Before I leave, I ask her to show me her altar. In her book, she talks about the wicker-cane chest set up in her room, with the sun and moon candlesticks, the brass dagger with the handle carved into the shape of a mermaid, the glazed red pottery dish her mum made in a craft class and the chunk of amethyst crystal for psychic energy. I am hoping for a glimpse of her witchy garb, the black cape with the white fur trim or even the born-again pagan T-shirt she wears for a laugh but there is nothing in this duplo, which she shares with Neighbours actress Krista Vendy, to point to any form of alternative lifestyle. For someone who worships nature, there's no greenery whatsoever, not even a potted plant.
I wasn't expecting a bubbling cauldron but perhaps a lingering trace of incense or an aroma of drying herbs. No wind chimes jangling in the window breeze, no horned door-knockers, half-burnt candles and statues of deities on top of the telly. Just this urban mess of life-on-the-run and clothes drying on the backs of chairs. Even her two snakes, Sebastian and Lulu, are discreetly tucked away in little glass tanks against the wall. You wouldn't even know they were there, thank god.
She points somewhat apologetically to a half-opened sports bag, lying in the middle of the floor. "My altar's in there. I've not really unpacked yet since I got back from overseas."
And now she's ushering me to the door because she's going to be late. The price of her fame is that she can no longer catch public transport because people come and ask her for spells. And yet the Fiona Horne without the make-up in jeans and a baseball hat is hardly recognisable as the glamour queen we see on our screens (she's much better-looking in the flesh).
She's been accused of selling her soul, of using witchcraft to create her own stardom, which she strenuously denies, but then she's set up her own web site and produced a pastel coloured Wikid Witch Kit complete with CD, candles and body lotion with Red Earth founder Nick Chadwick. And she didn't have to write three books on the subject. However, they're still a good read because they are drafted with so much honestly and forthrightness. The eclectic mix of personal anecdote, wiccan legend and spell recipes keeps a beating pulse in what otherwise could be a dull read. She may have used witchcraft to promote herself but she writes about it with such passion and knowledge, it is clear her belief is genuine.
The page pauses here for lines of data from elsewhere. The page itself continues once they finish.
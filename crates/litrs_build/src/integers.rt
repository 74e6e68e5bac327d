//! Integers from their value.
ghost use Rattle.std.specs.Prelude.{◌≡◌, ◌≤◌, ◌<◌, ◌/◌, ◌%◌, ◌∷◌, ◌++◌, [], ◌↔◌, ◌⊎◌, ◌&&◌, ◌==◌, not, filter, length, drop, replicate, string_bytes, IsTrue, IfOk, IfErr, OnOk, IsErrOf, if◌then◌else◌};
ghost use Rattle.std.specs.Char.{digit_char, is_ascii_digit};
ghost use Rattle.std.specs.List.{list_all, list_any};
ghost use Rattle.std.specs.Str.{chars, IsAscii};
ghost use Rattle.litrs_base.specs.Base.{prefix, is_digit, is_digit_or_underscore};
ghost use Rattle.litrs_base.specs.Characters.{underscore, digit_zero};
ghost use Rattle.litrs_base.specs.Derivations.{IsOnlyDerivation};
ghost use Rattle.litrs_base.specs.Numeral.{is_no_underscore};
ghost use Rattle.litrs_base.specs.Text.{first_passes};
ghost use Rattle.litrs_grammar.specs.Integer.{IntegerParts, IsIntegerOf, integer_value, is_e};
ghost use Rattle.litrs.specs.IntegerLiteral.{integer_parts};
ghost use Rattle.litrs.specs.Digits.{digits_of};
ghost use Rattle.litrs_build.specs.WrittenDigits.{digits_in_radix, written_digits, ends_group, grouped};
ghost use Rattle.litrs_build.specs.BuiltInteger.{NoIntegerHasSuffix, is_integer_suffix, is_base_letter, needs_separator, built_integer};

use crate::error::BuildError;
use litrs::{IntegerBase, IntegerLit, Text};
use litrs_lex::check_suffix;
use litrs_lex::integer::begins_with_e;
use std::alloc::{AllocError, Global};

/// The greatest number of digits of a 128 bit number, in base two.
const MAX_DIGITS: usize = 128;

/// 10^9, the greatest power of ten below 2^32.
const CHUNK: u64 = 0x3B9A_CA00;

/// The number of decimal digits of a number below [`CHUNK`], with leading zeros.
const CHUNK_DIGITS: usize = 9;

/// 2^32, the base of the digits of a long division.
const DIGIT: u64 = 0x1_0000_0000;

/// Builds the integer with this value, base and suffix, for example `0xffu8` from 255,
/// `Hexadecimal` and `u8`. See [`grouped_integer`], which also writes `_` between groups of digits.
///
/// There is one allocation, for the text.
///
/// # Errors
///
/// Returns the errors of [`grouped_integer`].
pub fn integer(
    alloc: Global,
    value: u128,
    base: IntegerBase,
    suffix: &str,
) -> Result<IntegerLit<String>, BuildError>
    ensures literal { IfOk result (λ lit.
        IsOnlyDerivation (IsIntegerOf (chars lit.raw)) (integer_parts lit)) }
    ensures parts { IfOk result (λ lit.
        integer_parts lit ≡ built_integer base 0 (written_digits base value) (chars suffix.now)) }
    ensures value { IfOk result (λ lit. integer_value (integer_parts lit) ≡ value) }
    ensures not_a_suffix { IsErrOf result BuildError.NotASuffix
        ↔ NoIntegerHasSuffix base (chars suffix.now) }
    ensures errors { IfErr result (λ e. (e ≡ BuildError.NotASuffix) ⊎ (e ≡ BuildError.Memory)) }
{
    grouped_integer(alloc, value, base, 0, suffix)
}

/// Builds the integer with this value, base and suffix, with `_` between groups of `group` digits,
/// for example `0xf_ffffu32` from 1048575, `Hexadecimal`, 4 and `u32`. See [the reference][ref].
///
/// Letters are in lower case, and there are no leading zeros. Groups are counted from the last
/// digit; if `group` is 0, there are none. The suffix follows the last digit, with one exception:
/// `0` in base ten before a suffix that begins with `b`, `o` or `x` is written `0_`, since `0b1` is
/// binary.
///
/// There is one allocation, for the text.
///
/// # Errors
///
/// Returns `NotASuffix` if and only if no integer of the base has the suffix. Then it is neither
/// empty nor an identifier, or begins with `e`, `E`, `_` or a digit of the base, for example `f32`
/// in base sixteen. This is decided before the allocation. Returns `Memory` if the allocation
/// fails.
///
/// [ref]: https://doc.rust-lang.org/reference/tokens.html#integer-literals
pub fn grouped_integer(
    alloc: Global,
    value: u128,
    base: IntegerBase,
    group: usize,
    suffix: &str,
) -> Result<IntegerLit<String>, BuildError>
    ensures literal { IfOk result (λ lit.
        IsOnlyDerivation (IsIntegerOf (chars lit.raw)) (integer_parts lit)) }
    ensures parts { IfOk result (λ lit. integer_parts lit
        ≡ built_integer base group (written_digits base value) (chars suffix.now)) }
    ensures value { IfOk result (λ lit. integer_value (integer_parts lit) ≡ value) }
    ensures not_a_suffix { IsErrOf result BuildError.NotASuffix
        ↔ NoIntegerHasSuffix base (chars suffix.now) }
    ensures errors { IfErr result (λ e. (e ≡ BuildError.NotASuffix) ⊎ (e ≡ BuildError.Memory)) }
{
    if !is_integer_suffix(base, suffix) {
        return Err(BuildError::NotASuffix);
    }
    let mut buffer = [b'0'; MAX_DIGITS];
    let start = write_digits(value, base, &mut buffer);
    Ok(written(alloc, base, &buffer[start..], true, group, suffix)?)
}
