//! Floats from their parts.
ghost use Rattle.std.specs.Prelude.{◌≡◌, ◌≤◌, ◌||◌, ◌∷◌, length, ◌++◌, ◌↔◌, ◌⊎◌, ◌&&◌, not, Some, option_map, string_bytes, IfOk, IfErr, OnOk, IsErrOf};
ghost use Rattle.std.specs.Char.{is_ascii_digit};
ghost use Rattle.std.specs.List.{list_all, list_any};
ghost use Rattle.std.specs.Str.{chars};
ghost use Rattle.litrs_base.specs.Characters.{period};
ghost use Rattle.litrs_base.specs.Derivations.{IsOnlyDerivation};
ghost use Rattle.litrs_base.specs.Text.{first_passes, is_empty};
ghost use Rattle.litrs_grammar.specs.Float.{FloatParts, IsFloat, IsFloatOf, float_text, fraction_text, is_decimal_char, is_decimal_literal, is_exponent, is_exponent_number, is_float_form, is_underscore, sign_len};
ghost use Rattle.litrs_grammar.specs.Integer.{is_e};
ghost use Rattle.litrs_grammar.specs.Suffix.{is_suffix};
ghost use Rattle.litrs.specs.FloatLiteral.{float_parts};
ghost use Rattle.litrs_build.specs.BuiltFloat.{is_float};

use crate::error::BuildError;
use litrs::FloatLit;
use litrs_lex::check_suffix;
use litrs_lex::integer::begins_with_e;
use std::alloc::{AllocError, Global};

/// Builds the float with these parts, for example `147.3_33__E3f64` from `147`, `Some("3_33__")`,
/// `E3` and `f64`. See [the reference][ref].
///
/// `fraction` is the part after the period, `None` if there is no period. `exponent` includes its
/// letter and its sign, and is empty if there is no exponent. `suffix` may be empty.
///
/// There is one allocation, for the text.
///
/// # Errors
///
/// Returns `NotAFloat` if and only if no float has these parts, for example `1`, `Some("")` and the
/// suffix `f32`, or `1`, `None` and no exponent. This is decided before the allocation. Returns
/// `Memory` if the allocation fails.
///
/// [ref]: https://doc.rust-lang.org/reference/tokens.html#floating-point-literals
pub fn float(
    alloc: Global,
    integer: &str,
    fraction: Option<&str>,
    exponent: &str,
    suffix: &str,
) -> Result<FloatLit<String>, BuildError>
    ensures literal { IfOk result (λ lit.
        IsOnlyDerivation (IsFloatOf (chars lit.raw)) (float_parts lit)) }
    ensures parts { IfOk result (λ lit. float_parts lit ≡ record {
      integer = chars integer.now;
      fraction = option_map (λ digits. chars digits.now) fraction.entry;
      exponent = chars exponent.now;
      suffix = chars suffix.now;
    }) }
    ensures not_a_float { IsErrOf result BuildError.NotAFloat ↔ (IsFloat (record {
      integer = chars integer.now;
      fraction = option_map (λ digits. chars digits.now) fraction.entry;
      exponent = chars exponent.now;
      suffix = chars suffix.now;
    }) → ⊥) }
    ensures errors { IfErr result (λ e. (e ≡ BuildError.NotAFloat) ⊎ (e ≡ BuildError.Memory)) }
{
    if !is_float(integer, fraction, exponent, suffix) {
        return Err(BuildError::NotAFloat);
    }
    let text = written_text(alloc, integer, fraction, exponent, suffix)?;
    Ok(float_of(text))
}

/// Returns `true` if a float has these parts.
fn is_float(integer: &str, fraction: Option<&str>, exponent: &str, suffix: &str) -> bool
    ensures { result ≡ is_float (record {
      integer = chars integer.now;
      fraction = option_map (λ digits. chars digits.now) fraction.entry;
      exponent = chars exponent.now;
      suffix = chars suffix.now;
    }) }
{
    is_decimal_literal(integer.as_bytes()) && fits_after_integer(fraction, exponent, suffix)
}

/// Returns `true` if these parts may follow the integer part of a float.
fn fits_after_integer(fraction: Option<&str>, exponent: &str, suffix: &str) -> bool
    ensures { result
        ≡ (is_float_form (option_map (λ digits. chars digits.now) fraction.entry)
        (chars exponent.now) (chars suffix.now)
        && (is_suffix (chars suffix.now)
        && (not (first_passes is_underscore (chars suffix.now))
        && not (is_empty (chars exponent.now) && first_passes is_e (chars suffix.now))))) }
{
    has_float_form(fraction, exponent, suffix) && is_float_suffix(suffix, exponent)
}

/// Returns `true` if a decimal digit comes first, and only digits and `_` follow it.
fn is_decimal_literal(bytes: &[u8]) -> bool
    ensures { result ≡ is_decimal_literal bytes.now }
{
    begins_with_ascii_digit(bytes) && is_decimal(bytes)
}

/// Returns `true` if a decimal digit comes first.
fn begins_with_ascii_digit(bytes: &[u8]) -> bool
    ensures { result ≡ first_passes is_ascii_digit bytes.now }
{
    match bytes {
        [first, ..] => first.is_ascii_digit(),
        [] => false,
    }
}

/// Returns `true` if all are decimal digits or `_`.
fn is_decimal(bytes: &[u8]) -> bool
    ensures { result ≡ list_all is_decimal_char bytes.now }
{
    bytes
        .iter()
        .all(|byte| byte.is_ascii_digit() || *byte == b'_')
}

/// Returns `true` if these parts have one of the three forms after the integer part.
fn has_float_form(fraction: Option<&str>, exponent: &str, suffix: &str) -> bool
    ensures { result ≡ is_float_form (option_map (λ digits. chars digits.now) fraction.entry)
        (chars exponent.now) (chars suffix.now) }
{
    match fraction {
        Some(digits) => has_fraction_form(digits, exponent, suffix),
        None => is_exponent(exponent.as_bytes()),
    }
}

/// Like [`has_float_form`], if there is a period.
fn has_fraction_form(digits: &str, exponent: &str, suffix: &str) -> bool
    ensures { result
        ≡ is_float_form (Some (chars digits.now)) (chars exponent.now) (chars suffix.now) }
{
    if digits.is_empty() {
        exponent.is_empty() && suffix.is_empty()
    } else {
        is_decimal_literal(digits.as_bytes()) && is_optional_exponent(exponent.as_bytes())
    }
}

/// Returns `true` if it is empty or an exponent.
fn is_optional_exponent(bytes: &[u8]) -> bool
    ensures { result ≡ (is_empty bytes.now || is_exponent bytes.now) }
{
    bytes.is_empty() || is_exponent(bytes)
}

/// Returns `true` if it is `e` or `E`, an optional sign, then digits and `_` with a digit.
#[tactic(auto, unfolding(litrs_grammar::specs::Float::is_exponent))]
fn is_exponent(bytes: &[u8]) -> bool
    ensures { result ≡ is_exponent bytes.now }
{
    match bytes {
        [b'e' | b'E', number @ ..] => is_exponent_number(&number[sign_len(number)..]),
        _ => false,
    }
}

/// Returns the length of the sign that comes first: 0 or 1.
pub(crate) fn sign_len(bytes: &[u8]) -> usize
    ensures len { result ≡ sign_len bytes.now }
    ensures within { result ≤ length bytes.now }
{
    match bytes {
        [b'+' | b'-', ..] => 1,
        _ => 0,
    }
}

/// Returns `true` if all are decimal digits or `_`, and one is a digit.
fn is_exponent_number(bytes: &[u8]) -> bool
    ensures { result ≡ is_exponent_number bytes.now }
{
    is_decimal(bytes) && has_ascii_digit(bytes)
}

/// Returns `true` if one of the bytes is a decimal digit.
fn has_ascii_digit(bytes: &[u8]) -> bool
    ensures { result ≡ list_any is_ascii_digit bytes.now }
{
    bytes.iter().any(|byte| byte.is_ascii_digit())
}

/// Returns `true` if a float with this exponent may have this suffix.
fn is_float_suffix(suffix: &str, exponent: &str) -> bool
    ensures { result ≡ (is_suffix (chars suffix.now)
        && (not (first_passes is_underscore (chars suffix.now))
        && not (is_empty (chars exponent.now) && first_passes is_e (chars suffix.now)))) }
{
    check_suffix(suffix).is_ok() && begins_apart(suffix.as_bytes(), exponent.is_empty())
}

/// Returns `true` if the first byte would not be read as a part of the number, as `_` would be, and
/// without an exponent `e` or `E`.
fn begins_apart(bytes: &[u8], has_no_exponent: bool) -> bool
    ensures { result ≡ (not (first_passes is_underscore bytes.now)
        && not (has_no_exponent && first_passes is_e bytes.now)) }
{
    !begins_with_underscore(bytes) && !(has_no_exponent && begins_with_e(bytes))
}

/// Returns `true` if `_` comes first.
fn begins_with_underscore(bytes: &[u8]) -> bool
    ensures { result ≡ first_passes is_underscore bytes.now }
{
    match bytes {
        [first, ..] => *first == b'_',
        [] => false,
    }
}

/// Writes the text with these parts.
fn written_text(
    alloc: Global,
    integer: &str,
    fraction: Option<&str>,
    exponent: &str,
    suffix: &str,
) -> Result<String, AllocError>
    ensures { IfOk result (λ text. chars (string_bytes text) ≡ float_text (record {
      integer = chars integer.now;
      fraction = option_map (λ digits. chars digits.now) fraction.entry;
      exponent = chars exponent.now;
      suffix = chars suffix.now;
    })) }
{
    let number = integer.len().saturating_add(fraction_len(fraction));
    let len = number
        .saturating_add(exponent.len())
        .saturating_add(suffix.len());
    // bounded by the length of the text, which was counted.
    let mut text = String::with_capacity(alloc, len)?;
    push_part(&mut text, integer)?;
    push_fraction(&mut text, fraction)?;
    push_part(&mut text, exponent)?;
    push_part(&mut text, suffix)?;
    Ok(text)
}

/// Returns the length in bytes of the period and the fraction.
fn fraction_len(fraction: Option<&str>) -> usize {
    match fraction {
        Some(digits) => digits.len().saturating_add(1),
        None => 0,
    }
}

/// Appends the period and the fraction, if there is one.
fn push_fraction(text: &mut String, fraction: Option<&str>) -> Result<(), AllocError>
    ensures { OnOk result (chars (string_bytes text.new) ≡ chars (string_bytes text.old)
        ++ fraction_text (option_map (λ digits. chars digits.now) fraction.entry)) }
{
    match fraction {
        Some(digits) => push_after_period(text, digits),
        None => Ok(()),
    }
}

/// Appends a period and the digits.
fn push_after_period(text: &mut String, digits: &str) -> Result<(), AllocError>
    ensures { OnOk result (chars (string_bytes text.new)
        ≡ chars (string_bytes text.old) ++ (period ∷ chars digits.now)) }
{
    push_part(text, ".")?;
    push_part(text, digits)?;
    Ok(())
}

fn push_part(text: &mut String, part: &str) -> Result<(), AllocError>
    ensures { OnOk result (chars (string_bytes text.new)
        ≡ chars (string_bytes text.old) ++ chars part.now) }
{
    text.push_str(part)?;
    Ok(())
}

/// Parses a text that is a float.
fn float_of(text: String) -> FloatLit<String>
    requires { (d : FloatParts) × IsFloatOf (chars (string_bytes text)) d }
    ensures raw { result.raw ≡ string_bytes text }
    ensures only { IsOnlyDerivation (IsFloatOf (chars (string_bytes text))) (float_parts result) }
{
    match FloatLit::parse(text) {
        Ok(lit) => lit,
        Err(_) => unreachable!(),
    }
}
Her critics are angered by the commercial, homogenised Horne Witch Project but it can also be argued she has removed much of the fear and ignorance of a religion which has always been taboo. Not since Samantha twitched her nose is the cheesy sitcom Bewitched has the wacky world of Wicca seemed so suburban and benign. The past 12 months have been grueling, but as she says with a smile that is almost a grimace: "I'm not happy right this very minute but I know what I'm feeling is partial exhaustion. I'm really tired, inside I'm emotionally tired. But by the time this goes to print, I'll be fine and dandy, I'm sure."
Perhaps she sees something of herself in the story of the Great Warrior Witch Queen that she recounts in Witch - A Personal Journey. It has to be dark to see the stars.